Bacterially mediated mineralisation processes lead to biodeterioration of artworks in Maltese catacombs

Mineral structures formed by bacterial and microalgal biofilms growing on the archaeological surface in Maltese hypogea were studied using Energy Dispersive X-Ray Spectroscopy (EDS) coupled to Environmental Scanning Electron Microscopy (ESEM), X-ray micro-diffraction (XRD) and X-ray fluorescence (XRF). These techniques have shown that mineral structures having different morphologies and chemical composition were associated with the microorganisms in the subaerophytic biofilm. Salt efflorescences and mineral deposits on the archaeological surface were often formed from gypsum (CaSO4∙ 2H2O), halite (NaCl) and calcite (CaCO3). Biogenic carbonates produced by microbial activities were a common occurrence. These assumed different forms, such as the production of mineral coats around cyanobacterial sheaths and the occurrence of calcite fibres with different morphologies on the surface of the biofilms.

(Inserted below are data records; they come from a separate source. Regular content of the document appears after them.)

//! Expressions and what holds them.

ghost use Rattle.std.specs.Prelude.{[]};
ghost use Rattle.dpi_grammar.specs.Parser.{Reads, more, level};
ghost use Rattle.c_expr.specs.Front.{begins_term, begins_assignment};
ghost use Rattle.c_expr.specs.Reading as spec;
ghost use Rattle.c_expr.specs.Reading.{inside, readers};

use crate::front::{begins_assignment, begins_expr, begins_lead, begins_suffix, begins_term};
use crate::lead::Lead;
use crate::levels::enter;
use crate::parts::{assign_operator, cast, flat_suffix, literal, operator, sign};
use c_cursor::{Cursor, name};
use c_tree::{
    Assignment, CExpr, Chain, Choice, Class, Cond, Operand, Prefix, Primary, Suffix, Term,
};
use c_types::begins_type;
use dpi_grammar::Stop;
use sqlite_items::{Boxed, Items};
use std::alloc::Global;

/// An expression; `depth` levels are left inside (ISO C 6.5.16).
// expr = cond (assignop cond)*
#[cycle(expr)]
#[tactic(auto, unfolding(crate::specs::Reading::expr_in))]
pub fn expr(alloc: Global, tokens: &mut Cursor<'_>, depth: u32) -> Result<CExpr, Stop>
    ensures { Reads (spec.expr depth tokens.old) result tokens.new }
{
    let token = tokens.place();
    let first = cond(alloc, tokens, depth)?;
    let rest = assignments(alloc, tokens, depth)?;
    Ok(CExpr { token, first, rest })
}

// (assignop cond)*
#[cycle(expr)]
fn assignments(
    alloc: Global,
    tokens: &mut Cursor<'_>,
    depth: u32,
) -> Result<Items<Assignment>, Stop>
    ensures { Reads (more begins_assignment (spec.assignment (inside depth)) [] tokens.old) result tokens.new }
{
    let mut found = Items::new(alloc);
    for _turn in 0..tokens.left() {
        if !begins_assignment(tokens) {
            return Ok(found);
        }
        found.push(assignment(alloc, tokens, depth)?)?;
    }
    Ok(found)
}

/// An assigning operator, and the part behind it (6.5.16).
// assignop cond
#[cycle(expr)]
#[tactic(auto, unfolding(crate::specs::Reading::assignment))]
fn assignment(alloc: Global, tokens: &mut Cursor<'_>, depth: u32) -> Result<Assignment, Stop>
    ensures { Reads (spec.assignment (inside depth) tokens.old) result tokens.new }
{
    let token = tokens.place();
    let operator = assign_operator(tokens)?;
    let value = cond(alloc, tokens, depth)?;
    Ok(Assignment {
        token,
        operator,
        value,
    })
}

/// A chain, or a conditional (6.5.15).
// cond = chain ("?" expr ":" cond)?
#[cycle(expr)]
#[tactic(auto, unfolding(crate::specs::Reading::cond_in))]
fn cond(alloc: Global, tokens: &mut Cursor<'_>, depth: u32) -> Result<Cond, Stop>
    ensures { Reads (spec.cond depth tokens.old) result tokens.new }
{
    let token = tokens.place();
    let chain = chain(alloc, tokens, depth)?;
    let choice = choice(alloc, tokens, depth)?;
    Ok(Cond {
        token,
        chain,
        choice,
    })
}

/// The part of a conditional from its `?` on, where it comes next (6.5.15).
#[cycle(expr)]
fn choice(alloc: Global, tokens: &mut Cursor<'_>, depth: u32) -> Result<Option<Boxed<Choice>>, Stop>
    ensures { Reads (spec.choice_in (inside depth) tokens.old) result tokens.new }
{
    if !tokens.sees(Class::Question) {
        return Ok(None);
    }
    let inner = enter(tokens, depth)?;
    let choice = branches(alloc, tokens, inner)?;
    Ok(Some(Boxed::new(alloc, choice)?))
}

/// The two branches of a conditional (6.5.15).
// "?" expr ":" cond
#[cycle(expr)]
#[tactic(auto, unfolding(crate::specs::Reading::choice_by))]
fn branches(alloc: Global, tokens: &mut Cursor<'_>, depth: u32) -> Result<Choice, Stop>
    ensures { Reads (spec.choice_by (readers depth) tokens.old) result tokens.new }
{
    let token = tokens.place();
    tokens.expect(Class::Question)?;
    let yes = expr(alloc, tokens, depth)?;
    tokens.expect(Class::Colon)?;
    let no = cond(alloc, tokens, depth)?;
    Ok(Choice { token, yes, no })
}

/// Operands with operators between them (6.5.5 to 6.5.14).
// chain = cast (binop cast)*
#[cycle(expr)]
#[tactic(auto, unfolding(crate::specs::Reading::chain))]
fn chain(alloc: Global, tokens: &mut Cursor<'_>, depth: u32) -> Result<Chain, Stop>
    ensures { Reads (spec.chain (inside depth) tokens.old) result tokens.new }
{
    let token = tokens.place();
    let first = operand(alloc, tokens, depth)?;
    let rest = terms(alloc, tokens, depth)?;
    Ok(Chain { token, first, rest })
}

// (binop cast)*
#[cycle(expr)]
fn terms(alloc: Global, tokens: &mut Cursor<'_>, depth: u32) -> Result<Items<Term>, Stop>
    ensures { Reads (more begins_term (spec.term (inside depth)) [] tokens.old) result tokens.new }
{
    let mut found = Items::new(alloc);
    for _turn in 0..tokens.left() {
        if !begins_term(tokens) {
            return Ok(found);
        }
        found.push(term(alloc, tokens, depth)?)?;
    }
    Ok(found)
}

/// An operator, and the operand behind it (6.5.5 to 6.5.14).
// binop cast
#[cycle(expr)]
#[tactic(auto, unfolding(crate::specs::Reading::term))]
fn term(alloc: Global, tokens: &mut Cursor<'_>, depth: u32) -> Result<Term, Stop>
    ensures { Reads (spec.term (inside depth) tokens.old) result tokens.new }
{
    let token = tokens.place();
    let operator = operator(tokens)?;
    let operand = operand(alloc, tokens, depth)?;
    Ok(Term {
        token,
        operator,
        operand,
    })
}

/// Prefixes and casts, what they apply to, and its suffixes (6.5.2 to 6.5.4).
// cast = (unop | "(" type stars ")")* primary ("[" expr "]" | "." id | "->" id | "++" | "--")*
#[cycle(expr)]
#[tactic(auto, unfolding(crate::specs::Reading::operand))]
fn operand(alloc: Global, tokens: &mut Cursor<'_>, depth: u32) -> Result<Operand, Stop>
    ensures { Reads (spec.operand (inside depth) tokens.old) result tokens.new }
{
    let token = tokens.place();
    let (prefixes, primary) = led(alloc, tokens, depth)?;
    let suffixes = suffixes(alloc, tokens, depth)?;
    Ok(Operand {
        token,
        prefixes,
        primary,
        suffixes,
    })
}

/// Prefixes and casts, and what they apply to (6.5.1, 6.5.3, 6.5.4).
// (unop | "(" type stars ")")* primary
#[cycle(expr)]
fn led(alloc: Global, tokens: &mut Cursor<'_>, depth: u32) -> Result<(Items<Prefix>, Primary), Stop>
    ensures { Reads (spec.led (inside depth) tokens.old) result tokens.new }
{
    let mut found = Items::new(alloc);
    for _turn in 0..tokens.left() {
        if !begins_lead(tokens) {
            let last = plain(alloc, tokens, depth)?;
            return Ok((found, last));
        }
        match lead(alloc, tokens, depth)? {
            Lead::Prefix(prefix) => found.push(prefix)?,
            Lead::Whole(last) => return Ok((found, last)),
        }
    }
    let last = plain(alloc, tokens, depth)?;
    Ok((found, last))
}

/// A prefix, a cast, or an expression in parentheses (6.5.1, 6.5.3, 6.5.4).
// unop | "(" type stars ")" | "(" expr ")"
#[cycle(expr)]
#[tactic(auto, unfolding(crate::specs::Reading::lead))]
fn lead(alloc: Global, tokens: &mut Cursor<'_>, depth: u32) -> Result<Lead, Stop>
    ensures { Reads (spec.lead (inside depth) tokens.old) result tokens.new }
{
    if tokens.sees(Class::OpenParen) {
        return bracket(alloc, tokens, depth);
    }
    sign(tokens)
}

/// A cast, where a type follows the `(`, and else an expression in parentheses (6.5.1, 6.5.4). The
/// `(` opens a level there alone, which the token behind it shows.
// "(" type stars ")" | "(" expr ")"
#[cycle(expr)]
fn bracket(alloc: Global, tokens: &mut Cursor<'_>, depth: u32) -> Result<Lead, Stop>
    ensures { Reads (spec.bracket (inside depth) tokens.old) result tokens.new }
{
    let token = tokens.place();
    tokens.expect(Class::OpenParen)?;
    if begins_type(tokens) {
        return cast(alloc, tokens, token);
    }
    if !begins_expr(tokens) {
        return Err(tokens.refuse());
    }
    let inner = enter(tokens, depth)?;
    group(alloc, tokens, inner, token)
}

/// An expression in parentheses, behind the `(` of that number (6.5.1).
// expr ")"
#[cycle(expr)]
#[tactic(auto, unfolding(crate::specs::Reading::group))]
fn group(alloc: Global, tokens: &mut Cursor<'_>, depth: u32, token: u32) -> Result<Lead, Stop>
    ensures { Reads (spec.group token (readers depth) tokens.old) result tokens.new }
{
    let inner = expr(alloc, tokens, depth)?;
    tokens.expect(Class::CloseParen)?;
    Ok(Lead::Whole(Primary::Group(token, Boxed::new(alloc, inner)?)))
}

/// An operand without prefixes, suffixes and parentheses (6.5.1, 6.5.2.2).
// number | character | string | "NULL" | id | id "(" (expr,+)? ")"
#[cycle(expr)]
#[tactic(auto, unfolding(crate::specs::Reading::plain))]
fn plain(alloc: Global, tokens: &mut Cursor<'_>, depth: u32) -> Result<Primary, Stop>
    ensures { Reads (spec.plain (inside depth) tokens.old) result tokens.new }
{
    if tokens.sees(Class::Name) {
        return named(alloc, tokens, depth);
    }
    literal(alloc, tokens)
}

/// A name, or a call where arguments follow it (6.5.1, 6.5.2.2).
// id | id "(" (expr,+)? ")"
#[cycle(expr)]
#[tactic(auto, unfolding(crate::specs::Reading::named))]
fn named(alloc: Global, tokens: &mut Cursor<'_>, depth: u32) -> Result<Primary, Stop>
    ensures { Reads (spec.named (inside depth) tokens.old) result tokens.new }
{
    let name = name(alloc, tokens)?;
    if !tokens.sees(Class::OpenParen) {
        return Ok(Primary::Name(name));
    }
    let inner = enter(tokens, depth)?;
    let (token, arguments) = arguments(alloc, tokens, inner)?;
    Ok(Primary::Call(name, token, arguments))
}

/// The arguments of a call, with the number of the `(` (6.5.2.2).
// "(" (expr,+)? ")"
#[cycle(expr)]
#[tactic(auto, unfolding(crate::specs::Reading::arguments_by))]
fn arguments(
    alloc: Global,
    tokens: &mut Cursor<'_>,
    depth: u32,
) -> Result<(u32, Items<CExpr>), Stop>
    ensures { Reads (spec.arguments_by (readers depth) tokens.old) result tokens.new }
{
    let token = tokens.place();
    tokens.expect(Class::OpenParen)?;
    let arguments = listed(alloc, tokens, depth)?;
    tokens.expect(Class::CloseParen)?;
    Ok((token, arguments))
}

// (expr,+)?
#[cycle(expr)]
fn listed(alloc: Global, tokens: &mut Cursor<'_>, depth: u32) -> Result<Items<CExpr>, Stop>
    ensures { Reads (spec.listed_exprs depth tokens.old) result tokens.new }
{
    if !begins_expr(tokens) {
        return Ok(Items::new(alloc));
    }
    exprs(alloc, tokens, depth)
}

/// Expressions with commas between them, at least one; `depth` levels are left inside each.
// expr,+
#[cycle(expr)]
pub fn exprs(alloc: Global, tokens: &mut Cursor<'_>, depth: u32) -> Result<Items<CExpr>, Stop>
    ensures { Reads (spec.exprs depth tokens.old) result tokens.new }
{
    let mut found = Items::new(alloc);
    found.push(expr(alloc, tokens, depth)?)?;
    for _turn in 0..tokens.left() {
        if !tokens.sees(Class::Comma) {
            return Ok(found);
        }
        found.push(next_expr(alloc, tokens, depth)?)?;
    }
    Ok(found)
}

// "," expr
#[cycle(expr)]
fn next_expr(alloc: Global, tokens: &mut Cursor<'_>, depth: u32) -> Result<CExpr, Stop>
    ensures { Reads (spec.next_expr (readers depth) tokens.old) result tokens.new }
{
    tokens.expect(Class::Comma)?;
    expr(alloc, tokens, depth)
}

/// The suffixes of an operand (6.5.2).
// ("[" expr "]" | "." id | "->" id | "++" | "--")*
#[cycle(expr)]
fn suffixes(alloc: Global, tokens: &mut Cursor<'_>, depth: u32) -> Result<Items<Suffix>, Stop>
    ensures { Reads (spec.suffixes (inside depth) tokens.old) result tokens.new }
{
    let mut found = Items::new(alloc);
    for _turn in 0..tokens.left() {
        if !begins_suffix(tokens) {
            return Ok(found);
        }
        found.push(suffix(alloc, tokens, depth)?)?;
    }
    Ok(found)
}

/// A suffix (6.5.2).
// "[" expr "]" | "." id | "->" id | "++" | "--"
#[cycle(expr)]
#[tactic(auto, unfolding(crate::specs::Reading::suffix))]
fn suffix(alloc: Global, tokens: &mut Cursor<'_>, depth: u32) -> Result<Suffix, Stop>
    ensures { Reads (spec.suffix (inside depth) tokens.old) result tokens.new }
{
    if tokens.sees(Class::OpenBracket) {
        return index(alloc, tokens, depth);
    }
    flat_suffix(alloc, tokens)
}

/// An index, whose `[` opens a level (6.5.2.1).
// "[" expr "]"
#[cycle(expr)]
#[tactic(auto, unfolding(crate::specs::Reading::index_by))]
fn index(alloc: Global, tokens: &mut Cursor<'_>, depth: u32) -> Result<Suffix, Stop>
    ensures { Reads (level (inside depth) spec.index_by tokens.old) result tokens.new }
{
    let inner = enter(tokens, depth)?;
    let token = tokens.place();
    tokens.expect(Class::OpenBracket)?;
    let index = expr(alloc, tokens, inner)?;
    tokens.expect(Class::CloseBracket)?;
    Ok(Suffix::Index(token, Boxed::new(alloc, index)?))
}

Moreover, vaterite (CaCO3) spherulites which appeared hollow in cross-section were observed. The presence of struvite was recorded from one catacomb site. These investigations have facilitated the study of the neoformation of metastable minerals by microbially mediated processes, which potentially contribute to a better understanding of the biodeterioration of artworks in Maltese palaeo-Christian catacombs.

Research highlights
► Mineral structures formed by subaerial biofilms growing in hypogea were examined.
► Efflorescences and mineral deposits were often formed from gypsum, halite, and calcite.
► Biogenic carbonates assumed different forms e.g. vaterite spherulite, calcite fibres.
► The formation of rare minerals e.g. struvite was mediated by bacteria.
► Understanding biomineralisation processes facilitates the conservation of artworks.